_TASK DETAILS:_ A single number is required: how many lines in the data below contain "within".

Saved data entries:
-=-=-=-=-
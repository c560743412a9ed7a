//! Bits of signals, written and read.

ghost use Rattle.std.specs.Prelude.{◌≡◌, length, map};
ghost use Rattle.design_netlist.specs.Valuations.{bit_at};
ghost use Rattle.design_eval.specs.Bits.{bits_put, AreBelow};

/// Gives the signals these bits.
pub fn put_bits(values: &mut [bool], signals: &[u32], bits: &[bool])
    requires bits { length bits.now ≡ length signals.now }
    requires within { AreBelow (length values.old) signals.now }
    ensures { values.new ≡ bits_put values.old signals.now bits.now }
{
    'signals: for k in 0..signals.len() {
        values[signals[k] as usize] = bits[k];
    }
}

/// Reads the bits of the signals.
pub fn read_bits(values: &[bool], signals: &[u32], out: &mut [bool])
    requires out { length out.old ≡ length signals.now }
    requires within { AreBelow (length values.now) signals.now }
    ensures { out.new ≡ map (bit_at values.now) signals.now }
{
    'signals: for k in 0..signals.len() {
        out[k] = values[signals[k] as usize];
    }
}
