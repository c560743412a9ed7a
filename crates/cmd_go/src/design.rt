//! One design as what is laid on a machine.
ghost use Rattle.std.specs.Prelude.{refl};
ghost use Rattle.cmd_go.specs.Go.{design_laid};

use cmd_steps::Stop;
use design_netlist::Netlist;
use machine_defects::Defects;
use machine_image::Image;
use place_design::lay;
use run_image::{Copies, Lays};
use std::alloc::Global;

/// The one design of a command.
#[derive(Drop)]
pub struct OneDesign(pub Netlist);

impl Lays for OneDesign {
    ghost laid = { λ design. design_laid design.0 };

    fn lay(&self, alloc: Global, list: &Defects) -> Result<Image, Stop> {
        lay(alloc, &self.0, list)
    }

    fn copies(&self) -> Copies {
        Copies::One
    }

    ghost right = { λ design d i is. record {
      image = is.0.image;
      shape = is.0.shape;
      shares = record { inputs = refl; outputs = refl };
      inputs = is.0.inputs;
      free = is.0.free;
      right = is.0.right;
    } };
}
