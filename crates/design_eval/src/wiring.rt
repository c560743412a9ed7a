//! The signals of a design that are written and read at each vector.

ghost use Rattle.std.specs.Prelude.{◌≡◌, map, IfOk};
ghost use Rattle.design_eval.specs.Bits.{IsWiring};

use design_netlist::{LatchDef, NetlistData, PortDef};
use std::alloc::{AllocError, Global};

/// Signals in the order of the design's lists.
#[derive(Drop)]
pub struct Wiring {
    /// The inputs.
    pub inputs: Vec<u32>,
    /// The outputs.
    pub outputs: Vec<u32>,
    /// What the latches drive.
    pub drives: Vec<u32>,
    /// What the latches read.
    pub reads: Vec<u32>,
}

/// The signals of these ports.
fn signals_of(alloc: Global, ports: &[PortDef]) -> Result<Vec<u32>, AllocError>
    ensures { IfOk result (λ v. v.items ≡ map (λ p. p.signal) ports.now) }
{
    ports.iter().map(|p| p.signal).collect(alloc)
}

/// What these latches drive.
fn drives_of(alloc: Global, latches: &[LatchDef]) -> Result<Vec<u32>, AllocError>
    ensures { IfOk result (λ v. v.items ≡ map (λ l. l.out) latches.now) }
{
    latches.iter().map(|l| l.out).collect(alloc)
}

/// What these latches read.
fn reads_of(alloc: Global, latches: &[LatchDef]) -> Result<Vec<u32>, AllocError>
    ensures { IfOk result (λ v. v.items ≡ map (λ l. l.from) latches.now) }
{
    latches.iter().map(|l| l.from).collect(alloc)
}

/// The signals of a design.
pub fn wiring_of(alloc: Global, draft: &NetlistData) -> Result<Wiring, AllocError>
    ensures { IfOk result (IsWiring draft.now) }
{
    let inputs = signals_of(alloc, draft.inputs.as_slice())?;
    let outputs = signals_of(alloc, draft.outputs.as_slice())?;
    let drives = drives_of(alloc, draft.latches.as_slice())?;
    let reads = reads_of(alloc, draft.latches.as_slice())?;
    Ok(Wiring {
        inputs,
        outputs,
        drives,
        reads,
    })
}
-=-=-=-=-
_RESULT OF THIS EXERCISE:_ 2